Et c’est le cas, avec ce Monsieur Jourdain qui entraine la salle dans sa folie drolatique : le bourgeois enrichi cherche à s’initier aux us et coutume des gens de qualité, ces gentilhommes qui le fascinent. Danse, musique, philosophie, armes, le bourgeois prend leçon, s’efforce tant bien que mal d’acquérir esprit et bonnes manières, se couvrant bien plus souvent de ridicule que de louanges.
La direction d’acteurs de Valérie Lesort et Christian Hecq cultive à loisir les ressorts comiques de la pièce et chacun des comédiens exploite à fond son personnage : Gaël Kalimindi campe un maître de danse puis un maître tailleur hilarants à souhait, Jean Chevalier un maître d’armes transformé (je ne l’ai pas reconnu), Nicolas Lormeau un maître de musique hirsute et hiératique, tandis que Guillaume Gallienne est désopilant en maître de philosophie monstrueusement drôle ou drôlement monstrueux, au choix.

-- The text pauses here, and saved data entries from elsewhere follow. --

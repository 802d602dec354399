// The entries of a transition's arcs of a kind, one after the other.
ghost use Rattle.std.specs.Prelude.{◌≤◌, ◌-◌};
ghost use Rattle.std.specs.Iterator.{at_most};
ghost use Rattle.firing.specs.internal.Kinds.{kind_number};
ghost use Rattle.rows.specs.internal.EntrySteps.{Begun, Told};

use firing::Kind;
use plan::{Entry, arc_of};
use prepared::Transition;

// Those of a row of 32 in the packed table that are still to come, up to the first that holds no arc.
#[derive(Drop)]
pub struct Entries<'a> {
    pub plan: &'a [u32; 3584],
    pub at: usize,
    pub end: usize,
    ghost inside: { end ≤ 3072 },
}

impl Iterator for Entries<'_> {
    type Item = Entry;

    ghost next_gives = { λ s r t. Told s.plan.now s.at s.end r t.plan.now t.at t.end };

    ghost remaining = { λ s. at_most (s.end - s.at) };

    fn next(&mut self) -> Option<Entry> {
        if self.end <= self.at {
            return None;
        }
        let entry = arc_of(self.plan, self.at)?;
        self.at += 1;
        Some(entry)
    }
}

// All of a transition's kind.
pub fn entries_of<'a>(transition: &Transition<'a>, kind: Kind) -> Entries<'a>
    ensures { Begun transition.now (kind_number kind) result.plan.now result.at result.end }
{
    let base = transition.number() * 96 + (kind as usize) * 32;
    Entries {
        plan: transition.plan(),
        at: base,
        end: base + 32,
    }
}
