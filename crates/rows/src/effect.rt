// Loads the effect of a binding as a row, into a lent list of arcs.
ghost use Rattle.std.specs.Prelude.{◌≡◌, ◌≤◌, ◌<◌, length, IfOk};
ghost use Rattle.firing.specs.internal.Kinds.{kind_number};
ghost use Rattle.firing.specs.internal.RowLists.{EndsWithin};
ghost use Rattle.prepared.specs.internal.Drawn.{its_net};
ghost use Rattle.rows.specs.internal.Loading.{KindLoaded, LoadsRest, LoadsRow, LoadsBound};

use crate::entries::entries_of;
use bindings::has_effect;
use evaluation::Bound;
use firing::{Answer, Arc, Ends, Kind, some_lacks};
use multiset::load_arc;
use prepared::Transition;

// The arcs of a kind, laid into a room's front: how many they are. Its bound is built once a row.
fn load_kind(transition: &Transition, bound: &Bound, kind: Kind, room: &mut [Arc]) -> usize
    requires { (bound.now.file.now ≡ transition.now.drawing.file) × (bound.now.plan.now ≡ transition.now.drawing.plan) }
    ensures is { KindLoaded transition.now.drawing.file (its_net transition.now) bound.now.env.now transition.now.number (kind_number kind) room.old room.new result }
    ensures inside { transition.now.number < length (its_net transition.now).transitions }
    ensures within { result ≤ length room.old }
{
    let mut end = 0;
    for entry in entries_of(transition, kind) {
        end += load_arc(bound, entry, &mut room[end..]);
    }
    end
}

// The puts and hinders of a binding, behind its takes: where each kind ends.
fn load_rest(transition: &Transition, bound: &Bound, takes: usize, arcs: &mut [Arc]) -> Ends
    requires its { (bound.now.file.now ≡ transition.now.drawing.file) × (bound.now.plan.now ≡ transition.now.drawing.plan) }
    requires inside { takes ≤ length arcs.old }
    ensures is { LoadsRest transition.now.drawing.file (its_net transition.now) bound.now.env.now transition.now.number takes arcs.old arcs.new result }
    ensures within { EndsWithin arcs.new result.takes result.puts result.hinders }
{
    let puts = takes + load_kind(transition, bound, Kind::Put, &mut arcs[takes..]);
    let hinders = puts + load_kind(transition, bound, Kind::Hinder, &mut arcs[puts..]);
    Ends {
        takes,
        puts,
        hinders,
    }
}

// Its whole row, without asking whether it has an effect: where each kind ends.
pub fn load_row(transition: &Transition, env: &[u8; 32], arcs: &mut [Arc]) -> Ends
    ensures is { LoadsRow transition.now.drawing.file (its_net transition.now) env.now transition.now.number arcs.old arcs.new result }
    ensures within { EndsWithin arcs.new result.takes result.puts result.hinders }
{
    let bound = transition.bound(env);
    let takes = load_kind(transition, &bound, Kind::Take, arcs);
    load_rest(transition, &bound, takes, arcs)
}

// Loads a binding's row as far as firing it needs: where each kind ends, or the answer that comes before it is loaded whole.
// Its takes tell that one is lacking before its puts and hinders are loaded. Built into its callers: the search goes through it at every binding.
#[inline]
pub fn load_bound(
    transition: &Transition,
    env: &[u8; 32],
    m: &[u16],
    arcs: &mut [Arc],
) -> Result<Ends, Answer>
    ensures told { LoadsBound transition.now.drawing.file (its_net transition.now) env.now transition.now.number m.now arcs.old arcs.new result }
    ensures within { IfOk result (λ ends. EndsWithin arcs.new ends.takes ends.puts ends.hinders) }
{
    if !has_effect(transition, env) {
        return Err(Answer::NoRow);
    }
    let bound = transition.bound(env);
    let takes = load_kind(transition, &bound, Kind::Take, arcs);
    if some_lacks(&arcs[..takes], m) {
        return Err(Answer::Lacking);
    }
    Ok(load_rest(transition, &bound, takes, arcs))
}
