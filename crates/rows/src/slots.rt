// How many slots the rows of a net need in the lent list.
ghost use Rattle.std.specs.Prelude.{◌≡◌, ℕ, ◌≤◌, ◌<◌, ◌+◌, ◌/◌, leb};
ghost use Rattle.prepared.specs.internal.Drawn.{net_of, its_net};
ghost use Rattle.sums.specs.internal.Slots.{slots_for};
ghost use Rattle.firing.specs.internal.Kinds.{kind_number};
ghost use Rattle.rows.specs.internal.Slots.{KindSlotted, RowSlotted, NetSlotted};

use crate::entries::entries_of;
use firing::Kind;
use prepared::{Drawing, Transition};
use reading::byte_at;

// The slots for the expression at a place of the file, over so many ranks.
fn slots_for(file: &[u8], at: usize, count: usize) -> usize
    ensures is { result ≡ slots_for file.now at count }
    ensures small { result ≤ count }
{
    if byte_at(file, at) == 0x40 {
        return count.min(1);
    }
    count
}

// For the arcs of a kind.
fn kind_slots(transition: &Transition, kind: Kind) -> usize
    ensures is { KindSlotted (its_net transition.now) transition.now.number (kind_number kind) result }
    ensures small { result ≤ 262144 }
{
    let file = transition.file();
    let mut total: usize = 0;
    for entry in entries_of(transition, kind) {
        total += slots_for(file, entry.expression, entry.ranks);
    }
    total
}

// For the rows of a transition.
fn row_slots(transition: &Transition) -> usize
    ensures is { RowSlotted (its_net transition.now) transition.now.number result }
    ensures small { result ≤ 786432 }
{
    let takes = kind_slots(transition, Kind::Take);
    let puts = kind_slots(transition, Kind::Put);
    let hinders = kind_slots(transition, Kind::Hinder);
    takes + puts + hinders
}

// For the rows of any transition.
pub fn most_slots(drawing: &Drawing) -> usize
    ensures is { NetSlotted (net_of drawing.now) result }
    ensures small { result ≤ 786432 }
{
    let mut most: usize = 0;
    for t in 0..drawing.transitions() {
        most = most.max(row_slots(&drawing.transition(t)));
    }
    most
}

// Whether a list of 1,024 slots has the room for rows that need so many, with a file of so many bytes.
pub fn is_small(slots: usize, len: usize) -> bool
    ensures { result ≡ leb (slots + len / 2) 1024 }
{
    slots <= 1024 && len / 2 <= 1024 - slots
}
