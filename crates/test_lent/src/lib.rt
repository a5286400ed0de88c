// What the test programs lend to a call that writes: output with a pattern before it, of which a checksum is printed behind it that every byte
// changes.
#![tactic(auto)]

ghost use Rattle.std.specs.Prelude.{◌≡◌, ◌<◌, length};
ghost use Rattle.test_lent.specs.Lent.{checksum_of, pattern, with_byte};

// Zeros. The contract gives only the length, so that no proof looks into the array.
pub fn room<const N: usize>() -> [u8; N]
    ensures { N ≡ length result }
{
    [0; N]
}

// The pattern that output has before the call.
pub fn fill(out: &mut [u8])
    ensures { out.new ≡ pattern (length out.old) }
{
    for (i, byte) in out.iter_mut().enumerate() {
        *byte = (i % 251) as u8;
    }
}

// The checksum of one byte more.
fn add(sum: u64, byte: u8) -> u64
    requires { sum < 1000000007 }
    ensures below { result < 1000000007 }
    ensures value { result ≡ with_byte sum byte }
{
    (sum * 257 + byte as u64 + 1) % 1000000007
}

// The checksum of bytes, the first one first.
#[tactic(auto, unfolding(crate::specs::Lent::checksum_of))]
pub fn checksum(bytes: &[u8]) -> u64
    ensures { result ≡ checksum_of bytes.now }
{
    let mut sum = 0;
    for byte in bytes {
        sum = add(sum, *byte);
    }
    sum
}
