//! Faces and verdicts of small maps.
ghost use Rattle.std.specs.Prelude.{◌≡◌, ◌<◌, ℕ, length, slice_index, IfOk, IfSome, IsTrue};
ghost use Rattle.st_map.specs.Embedded.{bare};
ghost use Rattle.st_map.specs.Orders.{HasNoLoop, order_at};

use crate::{EmbedFault, StGraph, faces, laws, poles, test};
use st_ids::{Dart, Digraph, EdgeId, EdgeList, IdVec, OrbitId, VertexId};
use st_map::Map;
use std::alloc::{AllocError, Global};

/// The graph of n vertices with these edges.
fn graph_of(alloc: Global, n: u32, edges: &[(u32, u32)]) -> Option<Digraph> {
    let mut graph = Digraph::new(alloc);
    if n > 100 {
        return None;
    }
    graph.add_vertices(n);
    for (tail, head) in edges {
        if *tail >= graph.vertices() || *head >= graph.vertices() || graph.edges() > 100 {
            return None;
        }
        graph.add_edge(VertexId(*tail), VertexId(*head)).ok()?;
    }
    Some(graph)
}

/// A list of some of the first edges.
fn list_of(alloc: Global, edges: u32, row: &[u32]) -> Option<EdgeList>
    ensures { IfSome result (λ es. (k : ℕ) → k < length es → slice_index es k < edges) }
{
    let mut list = EdgeList::new(alloc);
    for e in row {
        if *e >= edges {
            return None;
        }
        list.push(EdgeId(*e)).ok()?;
    }
    Some(list)
}

/// A list for each vertex.
fn lists_of(alloc: Global, edges: u32, rows: &[&[u32]]) -> Option<IdVec<VertexId, EdgeList>>
    ensures { IfSome result (λ lists. (v : ℕ) → v < length lists → (k : ℕ) → k < length (order_at lists v) → slice_index (order_at lists v) k < edges) }
{
    let mut lists: IdVec<VertexId, EdgeList> = IdVec::new(alloc);
    for row in rows {
        if lists.len() > 100 {
            return None;
        }
        lists.push(list_of(alloc, edges, row)?).ok()?;
    }
    Some(lists)
}

fn map_of(alloc: Global, graph: &Digraph, rows: &[&[u32]]) -> Option<Map>
    requires { HasNoLoop graph.now }
    ensures { IfSome result (λ m. bare m.graph ≡ graph.now) }
{
    let lists = lists_of(alloc, graph.edges(), rows)?;
    if lists.len() != graph.vertices() {
        return None;
    }
    Map::from_orders(alloc, graph, &lists).ok()
}

fn tested(
    alloc: Global,
    n: u32,
    edges: &[(u32, u32)],
    rows: &[&[u32]],
    outer: Option<u32>,
) -> Option<Result<StGraph, EmbedFault>> {
    let graph = graph_of(alloc, n, edges)?;
    let Ok(found) = poles(alloc, &graph) else {
        return None;
    };
    laws::no_loop();
    let map = map_of(alloc, &graph, rows)?;
    match outer {
        None => Some(test(alloc, map, found, None)),
        Some(d) => {
            if d >= 2 * map.edges() {
                return None;
            }
            Some(test(alloc, map, found, Some(Dart(d))))
        }
    }
}

/// The number of the face of each end.
fn orbits_of(alloc: Global, n: u32, edges: &[(u32, u32)], rows: &[&[u32]]) -> Option<Vec<u32>> {
    let graph = graph_of(alloc, n, edges)?;
    poles(alloc, &graph).ok()?;
    laws::no_loop();
    let map = map_of(alloc, &graph, rows)?;
    let found = faces(alloc, &map).ok()?;
    let mut orbits = Vec::new(alloc);
    for d in 0..2 * map.edges() {
        orbits.push(found.orbit(Dart(d)).0).ok()?;
    }
    Some(orbits)
}

const BRIDGE: [(u32, u32); 8] = [
    (0, 1),
    (0, 2),
    (1, 3),
    (2, 3),
    (3, 4),
    (3, 5),
    (4, 6),
    (5, 6),
];

const CHORDS: [(u32, u32); 5] = [(0, 1), (1, 3), (1, 2), (0, 2), (2, 3)];

const CHORD_LISTS: [&[u32]; 4] = [&[0, 3], &[1, 2, 0], &[4, 3, 2], &[4, 1]];

const TWISTED: [&[u32]; 7] = [
    &[0, 1],
    &[2, 0],
    &[3, 1],
    &[4, 3, 5, 2],
    &[6, 4],
    &[7, 5],
    &[7, 6],
];

const BEADS: [(u32, u32); 4] = [(0, 1), (1, 2), (1, 2), (2, 3)];

const BEAD_LISTS: [&[u32]; 4] = [&[0], &[1, 2, 0], &[3, 2, 1], &[3]];

/// Two paths between two vertices; two such one above the other; a path with two more edges beside it.
#[test]
fn faces_are_numbered_by_their_least_ends(rt: HostRuntime) {
    let rows: [(u32, &[(u32, u32)], &[&[u32]], &[u32]); 3] = [
        (
            4,
            &[(0, 1), (0, 2), (1, 3), (2, 3)],
            &[&[0, 1], &[2, 0], &[3, 1], &[3, 2]],
            &[0, 1, 1, 0, 0, 1, 1, 0],
        ),
        (
            7,
            &BRIDGE,
            &[
                &[0, 1],
                &[2, 0],
                &[3, 1],
                &[4, 5, 3, 2],
                &[6, 4],
                &[7, 5],
                &[7, 6],
            ],
            &[0, 1, 1, 0, 0, 1, 1, 0, 0, 2, 2, 0, 0, 2, 2, 0],
        ),
        (4, &CHORDS, &CHORD_LISTS, &[0, 1, 0, 2, 2, 1, 1, 0, 2, 0]),
    ];
    for (n, edges, lists, want) in rows {
        let orbits = orbits_of(rt.alloc(), n, edges, lists).expect(&rt, "a map");
        assert_eq!(rt; orbits.as_slice(), want, "{n} vertices");
    }
}

#[test]
fn the_first_failed_test_is_named(rt: HostRuntime) {
    let rows: [(
        u32,
        &[(u32, u32)],
        &[&[u32]],
        Option<u32>,
        Option<EmbedFault>,
    ); 6] = [
        (
            7,
            &BRIDGE,
            &TWISTED,
            None,
            Some(EmbedFault::BadFaces { v: 7, e: 8, f: 1 }),
        ),
        (4, &CHORDS, &CHORD_LISTS, None, None),
        (4, &CHORDS, &CHORD_LISTS, Some(0), None),
        (
            4,
            &CHORDS,
            &CHORD_LISTS,
            Some(6),
            Some(EmbedFault::Outer {
                misses_source: false,
                misses_sink: true,
            }),
        ),
        (
            4,
            &CHORDS,
            &CHORD_LISTS,
            Some(4),
            Some(EmbedFault::Outer {
                misses_source: true,
                misses_sink: false,
            }),
        ),
        (
            4,
            &BEADS,
            &BEAD_LISTS,
            Some(3),
            Some(EmbedFault::Outer {
                misses_source: true,
                misses_sink: true,
            }),
        ),
    ];
    for (n, edges, lists, outer, want) in rows {
        let answer = tested(rt.alloc(), n, edges, lists, outer).expect(&rt, "a map");
        assert_eq!(rt; answer.err(), want, "{n} vertices");
    }
}

#[test]
fn an_accepted_graph_is_read(rt: HostRuntime) {
    let answer = tested(rt.alloc(), 4, &CHORDS, &CHORD_LISTS, Some(9)).expect(&rt, "a map");
    let graph = answer.ok().expect(&rt, "a planar st-graph");
    laws::planar_st(&graph);
    assert_eq!(rt; (graph.source(), graph.sink()), (VertexId(0), VertexId(3)));
    assert_eq!(rt; (graph.outer(), graph.outer_end()), (OrbitId(0), Dart(9)));
    assert_eq!(rt; (graph.map().edges(), graph.faces().count()), (5, 3));
    assert_eq!(rt; graph.into_map().vertices(), 4);
}

#[test]
fn faults_are_printed(rt: HostRuntime) -> Result<(), AllocError> {
    let rows = [
        (
            EmbedFault::BadFaces { v: 7, e: 8, f: 1 },
            "7 vertices, 8 edges, 1 faces",
        ),
        (
            EmbedFault::Outer {
                misses_source: true,
                misses_sink: false,
            },
            "outer face misses a pole",
        ),
        (EmbedFault::NoMemory, "no memory"),
    ];
    for (fault, text) in rows {
        assert_eq!(rt; format!(in rt.alloc(); "{fault}")?.as_str(), text);
    }
    Ok(())
}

Les autres sont au diapason, de Sylvia Bergé en puritaine Mme Jourdain à Véronique Vella (Nicole), en passant par Laurent Stocker, Yoann Gasiorowski, Françoise Gillard, Géraldine Martineau ou encore Clément Hervieu-Leger. Au centre de cette équipe Christian Hecq excelle en mimiques et facéties et incarne un Monsieur Jourdain aussi touchant que parfaitement ridicule : on l’aimerait presque s’il n’était pas aussi buté ! Des musiciens accompagnent cette comédie-ballet en donnant un petit coup de peps Balkan parfaitement vivifiant à la musique de Lully.
Noir c’est noir
Il y a de la folie dans ce Bourgeois démesuré à la scénographie (signée Eric Ruf) impressionnante : un austère décor entièrement noir (qui deviendra doré quand Monsieur Jourdain le repeindra) jusque dans les costumes des serviteurs et habitants de cette maison. Seules touches de couleurs, les costumes décalés de Monsieur Jourdain ou ceux de Dorante et Dorimène, ou bien les apparitions de marionnettes. Mais trop de noir tue le noir et si j’entends parfaitement la nécessité d’une obscurité totale pour permettre la manipulation des marionnettes, le tout reste quand même bien sinistre, ce qui est parfois dommage. La dernière partie avec la réception organisée par M. Jourdain pour le Grand Turc apportera la couleur nécessaire pour raviver le tout, avec notamment l’apparition – là j’ai pensé « Waouh » – d’un magnifique éléphant : mais ne gâchons pas la surprise !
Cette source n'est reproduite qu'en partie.